If i flash a DIMM with wrong profile,can i reflash it with the correct one?


----------



## j_saade25 (Sep 4, 2009)

theorw said:


> Quick question!
> If i flash a DIMM with wrong profile,can i reflash it with the correct one?



As long as you did not restart your *laptop*, or u simply can re-adjust your BIOS settings in case of a failure, yes you can reflash it.


----------



## theorw (Sep 4, 2009)

j_saade25 said:


> As long as you did not restart your *laptop*, or u simply can re-adjust your BIOS settings in case of a failure, yes you can reflash it.



Supposing i have a desktop and of course access to the BIOS how would it POST in the first place while the mis-flashed DIMM is together with some working ones?
So i could boot into windows and flash it back right?

Forgive my NOOBness but i ve never flashed a DIMM before.
But VGAs and MOBOs thousands times!!!


----------



## j_saade25 (Sep 5, 2009)

theorw said:


> Supposing i have a desktop and of course access to the BIOS how would it POST in the first place while the mis-flashed DIMM is together with some working ones?
> So i could boot into windows and flash it back right?
> 
> Forgive my NOOBness but i ve never flashed a DIMM before.
> But VGAs and MOBOs thousands times!!!



Yes, you can boot with a corrupted SPD with working SPDs. But if your BIOS is set to Auto, you may not be able to boot the first time.

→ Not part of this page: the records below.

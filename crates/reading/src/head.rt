//! The head of a text: "p cnf N M" on the first line that counts.
ghost use Rattle.std.specs.Prelude.{◌≡◌, ◌≤◌, ◌&&◌, length, codes, IfOk, MatchOption, MatchResult};
ghost use Rattle.std.specs.Str.{bytes_eq};
ghost use Rattle.text.specs.Numbers.{number as number_in};
ghost use Rattle.text.specs.Views.{piece_of, fields_left};
ghost use Rattle.grammar.specs.Reading.{counted, size_of, head_of};
ghost use Rattle.reading.specs.Sizes.{InRange};

use crate::counted::{CountedLines, counted_fields};
use grammar::Size;
use parts::limits::{MOST_PARTS, MOST_TEXT_BYTES, MOST_TEXT_RULES};
use parts::{Fault, Refusal};
use text::{Fields, Piece, number};

// A head, and the lines after it, which have the rules.
#[derive(Clone, Copy)]
pub(crate) struct Head<'a> {
    pub(crate) size: Size,
    pub(crate) rules: CountedLines<'a>,
    ghost range: { InRange size },
}

// The fields of a head.
#[derive(Clone, Copy)]
pub(crate) struct HeadFields<'a> {
    pub(crate) p: Piece<'a>,
    pub(crate) cnf: Piece<'a>,
    pub(crate) n: Piece<'a>,
    pub(crate) m: Piece<'a>,
}

impl<'a> HeadFields<'a> {
    ghost use Rattle.reading.specs.Heads.{IsNoHead, FourFields};

    // The four fields, where there are just four.
    fn of(fields: Fields<'a>) -> Option<HeadFields<'a>>
        ensures { MatchOption result
            (IsNoHead (fields_left fields.entry)) (FourFields (fields_left fields.entry)) }
    {
        let mut left = fields;
        let head = HeadFields {
            p: left.next()?,
            cnf: left.next()?,
            n: left.next()?,
            m: left.next()?,
        };
        match left.next() {
            Some(_) => None,
            None => Some(head),
        }
    }

    // Whether the first two fields are those of a head.
    fn is_named(&self) -> bool
        ensures { result ≡ (bytes_eq self.now.p.bytes.now (codes "p")
            && bytes_eq self.now.cnf.bytes.now (codes "cnf")) }
    {
        self.p.bytes == b"p".as_slice() && self.cnf.bytes == b"cnf".as_slice()
    }
}

// The size that two fields of the line at `from` say, if a book may have it.
fn size_of(from: usize, n: Piece<'_>, m: Piece<'_>) -> Result<Size, Fault>
    ensures value { result ≡ size_of from n.entry.at m.entry.at
        (number_in n.entry.bytes.now) (number_in m.entry.bytes.now) }
    ensures range { IfOk result InRange }
{
    let (Some(parts), Some(rules)) = (number(n.bytes), number(m.bytes)) else {
        return Err(Fault::new(Refusal::NoHead, from, 0));
    };
    if parts == 0 || parts > MOST_PARTS {
        return Err(Fault::new(Refusal::SizeOutOfRange, n.at, 0));
    }
    if rules > MOST_TEXT_RULES {
        return Err(Fault::new(Refusal::SizeOutOfRange, m.at, 0));
    }
    Ok(Size { n: parts, m: rules })
}

// The size that the head on the line says.
fn head_size(line: Piece<'_>) -> Result<Size, Fault>
    ensures value { result ≡ head_of line.entry.at (counted (piece_of line.entry)) }
    ensures range { IfOk result InRange }
{
    let Some(head) = HeadFields::of(counted_fields(line)) else {
        return Err(Fault::new(Refusal::NoHead, line.at, 0));
    };
    if !head.is_named() {
        return Err(Fault::new(Refusal::NoHead, line.at, 0));
    }
    size_of(line.at, head.n, head.m)
}

impl<'a> Head<'a> {
    ghost use Rattle.reading.specs.Heads.{Begins, Fails};

    // The head of the text, or the fault that keeps it from being one.
    pub(crate) fn read(text: &'a [u8]) -> Result<Head<'a>, Fault>
        requires { length text.now ≤ MOST_TEXT_BYTES }
        ensures { MatchResult result (Begins text.now) (Fails text.now) }
    {
        let mut lines = CountedLines::new(text);
        let Some(line) = lines.next() else {
            return Err(Fault::new(Refusal::NoHead, text.len(), 0));
        };
        let size = head_size(line)?;
        Ok(Head { size, rules: lines })
    }
}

In case of such a scenario, put working DIMMs in, set up BIOS manually, and then install the bad DIMMs back.


----------



## tsandesson115 (Sep 9, 2009)

Can you give some more sample question and answers. How great your info is! It really useful for me. Thanks.

 laser liposuction before and after pictures cost find pictures of a laser liposuction from before and after the treatment laser liposuction before and after pictures cost


----------



## j_saade25 (Sep 9, 2009)

Additional tip: Do not change unusual timings/settings in SPD. Changing the type/size of a DIMM may render it completely unusable. Only change tC, tRAS, tRC, tRP since these are the most important.


----------



## (IEG)LONEW01F (Sep 21, 2009)

hmmm


----------



## Troubled (Oct 9, 2009)

I was looking at my DDR2 1066 RAM and i noticed that I only have a JEDEC Setting for 400Mhz instead of the 533mhz I should have.  Which settings would I need to correct to make this happen.  I have already manually set my BIOS to run with 2.1V as specified by the Manufacturer and all... and i can overclock from the stock memory/fsb multiplier of 200x4 to 267x4 and get 1068, but I cannot use the 200x5.33 that i should be able to use.  Any insight?


----------



## Troubled (Oct 11, 2009)

*Mr Wizzard...i need some help.*

I am trying to adjust my RAM to show a timing for 533Mhz (DDR2 1066 which is what my RAM is marketed as).  I was thinking of setting up an  EPP Profile for this.  The only problem i came up with is the fact that 533Mhz is not listed in the program.  By doing some conversion, I figured that 533Mhz should be 1.87ns if I am not mistaken.  If this is the case could I simply enter in BB (1.87 in hex) manually in the section at the top where it highlighted when I clicked EPP Profile 0 Minimum Cycle at Supported CAS?  Is there more that I need to do?  Any help with this would be greatly appreciated.   I am using SPDTool 0.62


----------



## bnborg (Oct 12, 2009)

I used some SLI approved modules from OCZ as a guide, along with the EPP specifications.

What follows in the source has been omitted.